Her mother Ruby is smart and fierce, but somewhere along the way her youthful dreams of creating a path somewhere else--and a life bigger than the drudgery of marriage and motherhood--fizzled. Ruby's best friend Ivy allowed herself to be pulled into a marriage of limited love and to remain in the region with limited life trajectories out of loyalty to Ruby. The grown women's lives aren't what they envisioned, but they remain tightly bound and even (somehow, despite the many chores of their homespun lives) trek up and down the mountain to see each other daily. Wren understands their friendship to be the primary allegiance in each of their lives, and her mother keeps her at a distance although she does love her daughter.


Wren's father Briar is a serpent handler who came into leading the area's gas station church after being struck by lightning in his late teens and developing a knack for dramatic retellings of the event (and a milky white eye to which he attributes otherworldly gifts).

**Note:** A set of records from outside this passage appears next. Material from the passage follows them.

impl Server {
    /// Takes a piece of a connection. Its bytes are held behind those that were, and what stands at the front is answered, one request after the
    /// other, until more is waited for or the connection is gone. Of a connection that isn't open nothing is held.
    pub(crate) fn take_piece<H: Host>(
        &mut self,
        host: &mut H,
        conn: u32,
        piece: &[u8],
    ) -> Result<(), DiskFault>
        requires size { needed_of self.old.journal.slots ≤ H.extent host.old }
        ensures done { OnOk result ((settings : SettingsValue) (state : State) (entries : List Entry) → RestartsWith self.old settings state entries
            → PieceTaken settings conn piece.now state self.old self.new entries (H.media host.old) (H.media host.new) (H.acts host.old) (H.acts host.new)) }
        ensures failed { OnErr result ((settings : SettingsValue) (state : State) (entries : List Entry) → RestartsWith self.old settings state entries
            → PieceBroke settings conn piece.now state self.old entries (H.media host.old) (H.media host.new) (H.acts host.old) (H.acts host.new)) }
        ensures adds { Added (H.acts host.old) (H.acts host.new) (λ _. ⊤) }
        ensures settings { self.new.settings ≡ self.old.settings }
        ensures slots { self.new.journal.slots ≡ self.old.journal.slots }
        ensures extent { H.extent host.new ≡ H.extent host.old }
        ensures cause { HasCause (H.Disk.faults host.old) (H.Disk.faults host.new) result }
        ensures wire { H.Wire.faults host.new ≡ H.Wire.faults host.old }
        ensures leads { H.leads host.old host.new }
    {
        let mut rest = piece;
        'fronts: loop {
            match self.take_front(host, conn, rest)? {
                None => return Ok(()),
                Some(taken) => {
                    let (_, left) = rest.split_at(taken);
                    rest = left;
                }
            }
        }
    }

    /// Holds as many of these bytes as there is room for, and answers what stands at the front then. It says how many of them are held now; or
    /// None, and all are, or the connection is gone.
    fn take_front<H: Host>(
        &mut self,
        host: &mut H,
        conn: u32,
        rest: &[u8],
    ) -> Result<Option<usize>, DiskFault>
        requires size { needed_of self.old.journal.slots ≤ H.extent host.old }
        ensures done { IfOk result (λ taken. (settings : SettingsValue) (state : State) (entries : List Entry) → RestartsWith self.old settings state entries
            → IsPieceTaken taken settings conn rest.now state self.old self.new entries (H.media host.old) (H.media host.new) (H.acts host.old) (H.acts host.new)) }
        ensures failed { OnErr result ((settings : SettingsValue) (state : State) (entries : List Entry) → RestartsWith self.old settings state entries
            → FrontBroke settings conn (receiving conn rest.now state) self.old entries (H.media host.old) (H.media host.new) (H.acts host.old) (H.acts host.new)) }
        ensures fewer { IfOk result (λ taken. IfSome taken (λ n. (n ≤ length rest.now) × (bytes_on conn self.new.lines + length rest.now < bytes_on conn self.old.lines + length rest.now + n))) }
        ensures adds { Added (H.acts host.old) (H.acts host.new) (λ _. ⊤) }
        ensures settings { self.new.settings ≡ self.old.settings }
        ensures slots { self.new.journal.slots ≡ self.old.journal.slots }
        ensures extent { H.extent host.new ≡ H.extent host.old }
        ensures cause { HasCause (H.Disk.faults host.old) (H.Disk.faults host.new) result }
        ensures wire { H.Wire.faults host.new ≡ H.Wire.faults host.old }
        ensures leads { H.leads host.old host.new }
    {
        let Some(place) = self.place(conn) else {
            return Ok(None);
        };
        let taken = self.hold(place, rest);
        if self.answer_front(host, conn, place)? {
            return Ok(Some(taken));
        }
        Ok(None)
    }

    /// Answers what stands at the front of the connection at this place, in one turn; and says false where more is waited for.
    fn answer_front<H: Host>(
        &mut self,
        host: &mut H,
        conn: u32,
        place: LinePlace,
    ) -> Result<bool, DiskFault>
        requires there { IsAt conn place self.old.lines }
        requires size { needed_of self.old.journal.slots ≤ H.extent host.old }
        ensures done { IfOk result (λ more. (settings : SettingsValue) (state : State) (entries : List Entry) → RestartsWith self.old settings state entries
            → IsFrontTaken more settings conn state self.old self.new entries (H.media host.old) (H.media host.new) (H.acts host.old) (H.acts host.new)) }
        ensures failed { OnErr result ((settings : SettingsValue) (state : State) (entries : List Entry) → RestartsWith self.old settings state entries
            → FrontBroke settings conn state self.old entries (H.media host.old) (H.media host.new) (H.acts host.old) (H.acts host.new)) }
        ensures fewer { IfOk result (λ more. more ≡ true → bytes_on conn self.new.lines < bytes_on conn self.old.lines) }
        // Where more is waited for, there is room for it.
        ensures room { IfOk result (λ more. more ≡ false → (line : Line) → line_at place self.old.lines ≡ Some line → length line.buffered < 16384) }
        ensures adds { Added (H.acts host.old) (H.acts host.new) (λ _. ⊤) }
        ensures settings { self.new.settings ≡ self.old.settings }
        ensures slots { self.new.journal.slots ≡ self.old.journal.slots }
        ensures extent { H.extent host.new ≡ H.extent host.old }
        ensures cause { HasCause (H.Disk.faults host.old) (H.Disk.faults host.new) result }
        ensures wire { H.Wire.faults host.new ≡ H.Wire.faults host.old }
        ensures leads { H.leads host.old host.new }
    {
        match self.front_at(place) {
            RestFront::Waits => return Ok(false),
            RestFront::Refused(fault) => {
                self.refuse_front(host, conn, fault);
                return Ok(true);
            }
            RestFront::Answered {
                size,
                close,
                answer,
            } => {
                self.send_answer(host, conn, answer)?;
                self.end_request(host, conn, place, size, close);
                return Ok(true);
            }
        }
    }

    /// Where the connection of this number stands.
    fn place(&self, conn: u32) -> Option<LinePlace>
        ensures place { MatchOption result (line_of conn self.now.lines ≡ None) (λ place. IsAt conn place self.now.lines) }
        ensures apart { AreApart self.now.lines }
    {
        self.lines.place(conn)
    }

    /// Holds as many bytes of a piece as there is room for at this place, and says how many.
    fn hold(&mut self, place: LinePlace, piece: &[u8]) -> usize
        requires { (line : Line) × (line_at place self.old.lines ≡ Some line) }
        ensures count { (line : Line) → line_at place self.old.lines ≡ Some line → result ≡ min (length piece.now) (16384 - length line.buffered) }
        ensures held { (line : Line) → line_at place self.old.lines ≡ Some line
            → NowBuffers place (with_more (take result piece.now)) self.old.lines self.new.lines line }
        ensures others { self.new ≡ record self.old { lines = self.new.lines } }
    {
        self.lines.take(place, piece)
    }

    /// Drops the bytes of a request that is answered.
    fn drop_request(&mut self, place: LinePlace, size: usize)
        requires { (line : Line) × (line_at place self.old.lines ≡ Some line) × (size ≤ length line.buffered) }
        ensures held { (line : Line) → line_at place self.old.lines ≡ Some line → NowBuffers place (drop size) self.old.lines self.new.lines line }
        ensures others { self.new ≡ record self.old { lines = self.new.lines } }
    {
        self.lines.discard(place, size);
    }

    /// What stands at the front of the connection at this place. Nothing is changed.
    fn front_at(&mut self, place: LinePlace) -> RestFront<Staged>
        requires { (conn : ℕ) × IsAt conn place self.old.lines }
        ensures stands { (conn : ℕ) (at : IsAt conn place self.old.lines) (settings : SettingsValue) (state : State) → Represents self.old settings state
            → IsFrontAt settings conn state at.line result }
        ensures room { (line : Line) → line_at place self.old.lines ≡ Some line → is_waiting result ≡ true → length line.buffered < 16384 }
        ensures size { (line : Line) → line_at place self.old.lines ≡ Some line → HasSize line.buffered result }
        ensures ready { CanAnswerFront result self.old }
        ensures same { self.new ≡ self.old }
    {
        let caller = caller_there(&self.settings, &self.lines, place);
        front(
            &Desk {
                alloc: self.alloc,
                settings: &self.settings,
                registry: self.ledger.registry(),
            },
            &mut self.heads,
            &mut self.json,
            &self.lines,
            place,
            caller,
        )
    }

    /// Answers what is no request, and closes its connection.
    fn refuse_front<H: Host>(&mut self, host: &mut H, conn: u32, fault: HttpFault)
        ensures lines { self.new ≡ record self.old { lines = forgotten conn self.old.lines } }
        ensures sent { Added (H.acts host.old) (H.acts host.new) (SentTo (H.moment host.old) (H.moment host.new) (owned.Conn conn (refusal fault) ∷ owned.Close conn ∷ [])) }
        ensures media { KeepsMedia (H.media host.old) (H.media host.new) }
        ensures extent { H.extent host.new ≡ H.extent host.old }
        ensures disk { H.Disk.faults host.new ≡ H.Disk.faults host.old }
        ensures wire { H.Wire.faults host.new ≡ H.Wire.faults host.old }
        ensures leads { H.leads host.old host.new }
    {
        let reply = refusal(self.alloc, fault);
        send_reply(host, conn, &reply);
        self.end_connection(host, conn);
    }

    /// Sends the answer to a request on its connection. What is accepted is kept before, on the disk and then in the tables.
    fn send_answer<H: Host>(
        &mut self,
        host: &mut H,
        conn: u32,
        answer: RestAnswer<Staged>,
    ) -> Result<(), DiskFault>
        requires ready { CanAnswer answer self.old }
        requires size { needed_of self.old.journal.slots ≤ H.extent host.old }
        ensures done { OnOk result ((settings : SettingsValue) (state : State) (entries : List Entry) → RestartsWith self.old settings state entries
            → (few : List Entry) × RestartsWith self.new settings (having answer state) few
            × TurnedTo (H.moment host.new) settings state (having answer state) (owned.Conn conn (reply_in answer) ∷ []) (journal.Represents self.old.journal settings entries) (journal.Represents self.new.journal settings few)
            (H.media host.old) (H.media host.new) (H.acts host.old) (H.acts host.new)) }
        // Nothing but an entry that is accepted is written.
        ensures failed { OnErr result ((settings : SettingsValue) (state : State) (entries : List Entry) → RestartsWith self.old settings state entries
            → IsAcceptedBy answer × Broke settings state (having answer state) (journal.Represents self.old.journal settings entries) (H.media host.old) (H.media host.new) (H.acts host.old) (H.acts host.new)) }
        ensures lines { self.new.lines ≡ self.old.lines }
        ensures adds { Added (H.acts host.old) (H.acts host.new) (λ _. ⊤) }
        ensures settings { self.new.settings ≡ self.old.settings }
        ensures slots { self.new.journal.slots ≡ self.old.journal.slots }
        ensures extent { H.extent host.new ≡ H.extent host.old }
        ensures cause { HasCause (H.Disk.faults host.old) (H.Disk.faults host.new) result }
        ensures wire { H.Wire.faults host.new ≡ H.Wire.faults host.old }
        ensures leads { H.leads host.old host.new }
    {
        match answer {
            RestAnswer::Reply(reply) => {
                send_reply(host, conn, &reply);
                return Ok(());
            }
            RestAnswer::LongReply(reply) => {
                send_on(host, conn, reply.items());
                return Ok(());
            }
            RestAnswer::Accept { reply, entry } => {
                self.keep_entry(host, entry)?;
                send_reply(host, conn, &reply);
                return Ok(());
            }
        }
    }

    /// What becomes of the connection behind the reply to a request: it is closed, or the bytes of the request are no longer held.
    fn end_request<H: Host>(
        &mut self,
        host: &mut H,
        conn: u32,
        place: LinePlace,
        size: usize,
        close: bool,
    )
        requires there { IsAt conn place self.old.lines }
        requires size { (line : Line) → line_at place self.old.lines ≡ Some line → size ≤ length line.buffered }
        ensures lines { self.new ≡ record self.old { lines = if close then forgotten conn self.old.lines else buffering conn (drop size) self.old.lines } }
        ensures sent { Added (H.acts host.old) (H.acts host.new) (SentTo (H.moment host.old) (H.moment host.new) (closing conn close)) }
        ensures media { KeepsMedia (H.media host.old) (H.media host.new) }
        ensures extent { H.extent host.new ≡ H.extent host.old }
        ensures disk { H.Disk.faults host.new ≡ H.Disk.faults host.old }
        ensures wire { H.Wire.faults host.new ≡ H.Wire.faults host.old }
        ensures leads { H.leads host.old host.new }
    {
        if close {
            self.end_connection(host, conn);
            return;
        }
        self.drop_request(place, size);
    }
}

Wren is beginning to see holes in her father's larger-than-life persona and to doubt that he is exceptional after all.


When tragedy strikes and Briar attempts to address the crisis with words and faith rather than emergency medical attention, everything begins to unravel for the family, including long-held secrets that threaten to upend their lives completely.


I love an Appalachian-set story. I felt like some of the feelings and reflections in Amy Jo Burns's Shiner were over-the-top dramatic, but the events within the faith-healing, folklore-driven community felt true and moved things along nicely. The women's lifelong friendship felt like the heart of the story and was a fantastic element.

What did you think?

The community's unfailing allegiance to a personality-over-substance faith leader reminded me of Godshot, although the tone is very different.